On pourrait représenter, en la simplifiant, la thèse de Barth par le schéma suivant. La religion est l'effort de l'être humain pour monter jusqu'à Dieu et l'atteindre, effort voué à l'échec (la flèche indiquant la montée bute sur une « barre » qu'elle ne peut pas franchir. Dieu est hors de notre portée. La révélation est le mouvement, qui réussit, avec et en Jésus Christ (la flèche descendante atteint l'être humain) par lequel Dieu descend vers nous et nous rencontre.
La religion traduit la volonté humaine d'être et de faire quelque chose, alors que la foi, qui naît de la révélation, consiste à tout recevoir de Dieu, à abandonner toute prétention, à ne pas compter sur soi, sur sa valeur et sur ses efforts. La religion, parce qu'il y a entre Dieu et nous un fossé infranchissable par l'être humain à cause de sa finitude et de son péché, pose toujours et forcément une idole (c'est-à-dire une image fausse que nous nous forgeons de Dieu). Dans cette perspective, un barthien, Roland de Pury, a écrit que l'athée se trouve toujours plus près de Dieu que des gens religieux; affirmation qu'à mon sens Barth n'aurait pas approuvée, car Barth considère l'athéisme comme une forme de religion.

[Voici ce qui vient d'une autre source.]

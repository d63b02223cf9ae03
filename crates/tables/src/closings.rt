// Posts and voids: refusals 21 and 31 to 35, and what is asked after them.
use crate::asking::{move_to, run_one};
use crate::books::{Mixed, reserve, river};
use book::Book;
use journal::Roll;
use meaning::{Action, Fate, number_of};
use std::process::Abort;
use std::test::Fail;

fn post(reservation: u32, amount: u64) -> Action {
    Action::Post {
        reservation,
        amount,
    }
}

fn void(reservation: u32) -> Action {
    Action::Void { reservation }
}

// Reservations of 50 litres each: 11 and 12 are live, 12 until 100; 13 is posted, 14 voided, 15 lapsed.
// The moment is 60, and the highest number is 17.
fn held(rt: &impl Abort) -> Book<Roll, Mixed> {
    let mut book = river();
    for (number, duration) in [(11, 0), (12, 100), (13, 60), (14, 60), (15, 60)] {
        assert!(rt; run_one(&mut book, number, reserve(1, 2, 50, duration)).is_ok());
    }
    assert!(rt; run_one(&mut book, 16, post(13, 50)).is_ok());
    assert!(rt; run_one(&mut book, 17, void(14)).is_ok());
    assert!(rt; move_to(&mut book, 60, 1).is_ok());
    book
}

#[test]
fn posts(rt: HostRuntime) {
    // number, reservation, amount; answer
    let cases = [
        (0, 11, 50, 21),
        (17, 11, 50, 21),
        (18, 11, 50, 0),
        (18, 10, 50, 31),
        (18, 18, 50, 31),
        (18, 13, 50, 32),
        (18, 14, 50, 33),
        (18, 15, 50, 34),
        (18, 11, 0, 35),
        (18, 11, 1, 0),
        (18, 11, 51, 35),
        // two conditions hold
        (17, 10, 50, 21),
        (18, 10, 0, 31),
        (18, 13, 0, 32),
        (18, 14, 0, 33),
        (18, 15, 51, 34),
    ];
    for (i, (number, reservation, amount, answer)) in cases.into_iter().enumerate() {
        let mut book = held(&rt);
        let got = run_one(&mut book, number, post(reservation, amount));
        assert_eq!(rt; number_of(&got), answer, "{}", i);
    }
}

#[test]
fn voids(rt: HostRuntime) {
    // number, reservation; answer
    let cases = [
        (0, 11, 21),
        (17, 11, 21),
        (18, 11, 0),
        (18, 10, 31),
        (18, 13, 32),
        (18, 14, 33),
        (18, 15, 34),
        // two conditions hold
        (17, 10, 21),
        (17, 13, 21),
    ];
    for (i, (number, reservation, answer)) in cases.into_iter().enumerate() {
        let mut book = held(&rt);
        let got = run_one(&mut book, number, void(reservation));
        assert_eq!(rt; number_of(&got), answer, "{}", i);
    }
}

#[test]
fn posts_by_the_moment(rt: HostRuntime) {
    for (moment, answer) in [(60, 0), (99, 0), (100, 34), (101, 34)] {
        let mut book = held(&rt);
        assert!(rt; move_to(&mut book, moment, 1).is_ok());
        assert_eq!(rt;
            number_of(&run_one(&mut book, 18, post(12, 50))),
            answer,
            "{}",
            moment
        );
    }
}

#[test]
fn what_is_asked(rt: HostRuntime) -> Result<(), Fail> {
    let book = held(&rt);
    // reservation; deadline, fate
    for (number, deadline, fate) in [
        (11, 0, Fate::Live),
        (12, 100, Fate::Live),
        (13, 60, Fate::Posted),
        (14, 60, Fate::Voided),
        (15, 60, Fate::Lapsed),
    ] {
        let held = book.reservation(number).ok_or_else(|| Fail::new(number))?;
        assert_eq!(rt; held.amount, 50, "{}", number);
        assert_eq!(rt; held.deadline, deadline, "{}", number);
        assert_eq!(rt; held.fate, fate, "{}", number);
    }
    // account; its four totals
    for (number, dp, dq, cp, cq) in [(1, 100, 51, 0, 0), (2, 0, 0, 100, 51), (6, 0, 0, 0, 0)] {
        let account = book.account(number).ok_or_else(|| Fail::new(number))?;
        assert_eq!(rt; account.totals.debits.pending, dp, "{}", number);
        assert_eq!(rt; account.totals.debits.posted, dq, "{}", number);
        assert_eq!(rt; account.totals.credits.pending, cp, "{}", number);
        assert_eq!(rt; account.totals.credits.posted, cq, "{}", number);
    }
    assert!(rt; book.account(7).is_none() && book.reservation(16).is_none());
    Ok(())
}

Le fossé entre lui et nous, Dieu peut le franchir et il le fait en Jésus-Christ. Sa Révélation (c'est-à-dire sa venue chez nous, parmi nous et en nous) quand elle arrive et s'empare de nous, chasse les idoles, et anéantit toute velléité de se légitimer par ses œuvres. La foi authentique détruit et supplante la religion. Barth refuse un schéma où les deux flèches se rencontreraient ; elles s'excluent mutuellement.
4. Remarques sur la position de Barth
Sur cette position de Barth, je fais cinq remarques.
1. Premièrement, il écrit le plus souvent la religion au singulier. Il ne prend pas très au sérieux la pluralité et la diversité des religions du monde. Elles possèdent, pour lui, une identité fondamentale que camouflent des différences apparentes et superficielles. Elles représentent les formes multiples que prend une seule et même réalité. Partout et toujours, si on va aux racines, on découvre la même attitude, la même prétention, la même erreur. Barth n'examine pas chaque religion à part ni n'en donne des évaluations différenciées. Il émet un jugement d'ensemble qui les concerne et les englobe toutes. Il les met toutes dans le même sac ou dans le même panier.
2. Deuxièmement, le jugement très dur que Barth porte sur les religions se veut théologique. Il résulte d'un principe et non de l'examen des faits. Il se fonde sur l'affirmation dans laquelle Barth voit la pierre angulaire de l'évangile et de la foi chrétienne, à savoir que Dieu se révèle en Jésus-Christ et nulle part ailleurs. Il ne découle nullement de ce que disent, enseignent et pratiquent les religions. On n'a pas besoin de les étudier pour savoir ce qu'elles sont et ce qu'elles valent. On le sait d'avance à la lumière de la Révélation. L'influence de la théologie barthienne a entraîné, après la seconde guerre mondiale, la disparition ou la marginalisation de l'histoire des religions dans beaucoup de Facultés de Théologie protestantes. Peter Berger rapporte une conversation très significative entre Barth, et D.T. Niles, qui fut le premier évêque de l'Église Unie d'Inde du Sud, et qui était anglican*. Ils discutaient à propos de la thèse de Barth : « la religion est incrédulité ». Niles demande à Barth : « combien avez-vous rencontré d'hindous ? ». « Aucun », répond Barth. Question de Niles : « Comment savez-vous alors que l'hindouisme est incrédulité ? ». Réponse de Barth : « a priori ». Il s'agit effectivement, d'un postulat, d'un propos a priori. On pourrait se demander s'il l’aurait tenu a posteriori, après avoir rencontré des hindous et discuté avec eux.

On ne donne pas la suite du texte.